Even with respect to the discount as commission income received by the assessee, the assessee has purchased a flat from broker M/s Buniyad Retail Pvt. Ltd. and received discount as commission income of Rs. 85,270/- from M/s Buniyad Retail Pvt. Ltd. and the assessee submitted that the said discount as commission income received from broker M/s. Buniyad Retail Pvt. Ltd is capital receipt and the same was reduced by the assessee from the cost of the flat purchased through broker M/s. Buniyad Retail Pvt. Ltd in “Kensington Park” at Jaypee Greens Sector-133. The view adopted by the assessee is a plausible bona-fide view although the same did not found favour with the Revenue and the assessee chose not to file appeal against the said additions but that does not mean that every claim which is not sustained by the revenue will make the tax-payer liable to penalty u/s. 271(1)(c) of the Act. The claim of the assessee was plausible and bona-fide and we hold that no penalty can be imposed u/s 271(1)(c) of the Act on this count.

With respect to the amount of Rs. 16,803/-, it was stated that inadvertently the assessee failed to declare the interest received on savings bank account amounting to Rs. 16,803/- and the omission was neither intentional nor willful. The amount involved is also trivial.
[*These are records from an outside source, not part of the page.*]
// Cases drawn from the generator, and how a group of them is told.
use anyhow::bail;
use model::answers::Refusal;
use model::random::Random;
use std::alloc::{AllocError, Global};

// How many cases a group has.
pub const CASES: u32 = 4000;

// How a case came out: the system and this calculation agree on what is made, or that nothing is, or differ.
#[derive(Clone, Copy, PartialEq, Eq, Debug)]
pub enum Outcome {
    Agrees,
    Refused,
    Differs,
}

impl Outcome {
    // Of a case that is told this; `right` says whether what an accepted one made is what it should, `unmoved` whether all is as before.
    pub fn of(
        told: Result<(), Refusal>,
        wanted: Result<(), Refusal>,
        right: bool,
        unmoved: bool,
    ) -> Outcome {
        match told {
            _ if told != wanted => Outcome::Differs,
            Ok(()) if right => Outcome::Agrees,
            Err(_) if unmoved => Outcome::Refused,
            _ => Outcome::Differs,
        }
    }
}

// Says which case disagrees, and ends with an error.
pub fn disagrees<T>(rt: &HostRuntime, group: &str, case: u32) -> anyhow::Result<T> {
    println!(rt; "{group}: case {case} disagrees")?;
    bail!("a case disagrees")
}

// Compares the cases of a group, each as the closure draws it, and answers how many of them are refusals.
pub fn compare_cases<F: FnMut(&mut Random) -> Result<Outcome, AllocError>>(
    rt: &HostRuntime,
    group: &str,
    seed: u64,
    mut compare: F,
) -> anyhow::Result<u32>
    requires { F.IsAlwaysCallable compare }
{
    let mut random = Random::new(seed);
    let mut refusals: u32 = 0;
    for case in 0..CASES {
        match compare(&mut random)? {
            Outcome::Agrees => {}
            Outcome::Refused => refusals = refusals.wrapping_add(1),
            Outcome::Differs => return disagrees(rt, group, case),
        }
    }
    Ok(refusals)
}

// Says how many cases of a group agreed, of which so many were refusals.
pub fn agreed(rt: &HostRuntime, group: &str, refusals: u32) -> anyhow::Result<()> {
    println!(rt; "{group}: {CASES} cases agree, {refusals} of them refusals")?;
    Ok(())
}

// Weights of every size, some of them 0, mostly few enough to be shared over.
pub fn draw_weights(
    heap: Global,
    random: &mut Random,
    count: usize,
) -> Result<Vec<u32>, AllocError> {
    let most = match random.between(0, 3) {
        0 => 1,
        1 => 9,
        2 => 1_000_000,
        _ => 400_000_000,
    };
    (0..count)
        .map(|_| match random.between(0, 3) {
            0 => 0,
            _ => random.between(0, most),
        })
        .collect(heap)
}

// An amount of every size, now and then above what may be shared.
pub fn draw_amount(random: &mut Random) -> u32 {
    match random.between(0, 8) {
        0 | 1 | 2 => random.between(0, 20),
        3 | 4 => random.between(0, 1_000_000),
        5 | 6 | 7 => random.between(0, 2_000_000_000),
        _ => random.between(1_999_999_999, 2_000_000_003),
    }
}

// The same numbers in 64 bits.
pub fn widened(heap: Global, numbers: &[u32]) -> Result<Vec<u64>, AllocError> {
    numbers.iter().copied().map(u64::from).collect(heap)
}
In our considered view, there is no deliberate attempt on the part of the assessee and it is not a fit case to impose penalty u/s 271(1)(c) of the Act on the assessee as the conduct of the assessee if seen in context of preceding and succeeding years as set-out above does not warrant imposition of the penalty u/s 271(1)(c) of the Act keeping in view peculiar facts and circumstances of the case as set out above as we find that no attempt has been made by the assessee in the preceding and succeeding years as set out above to file incorrect income and make an attempt to claim refund from the revenue , except in the assessment year under appeal which errors have also been duly explained by the assessee by furnishing a bona-fide explanation and every error cannot make assessee liable to penalty u/s 271(1)(c) of the Act. Considering all the facts and circumstances of the case, we delete the penalty levied by the A.O. u/s 271(1)(c) of the Act as confirmed/sustained by the CIT(A). We order accordingly.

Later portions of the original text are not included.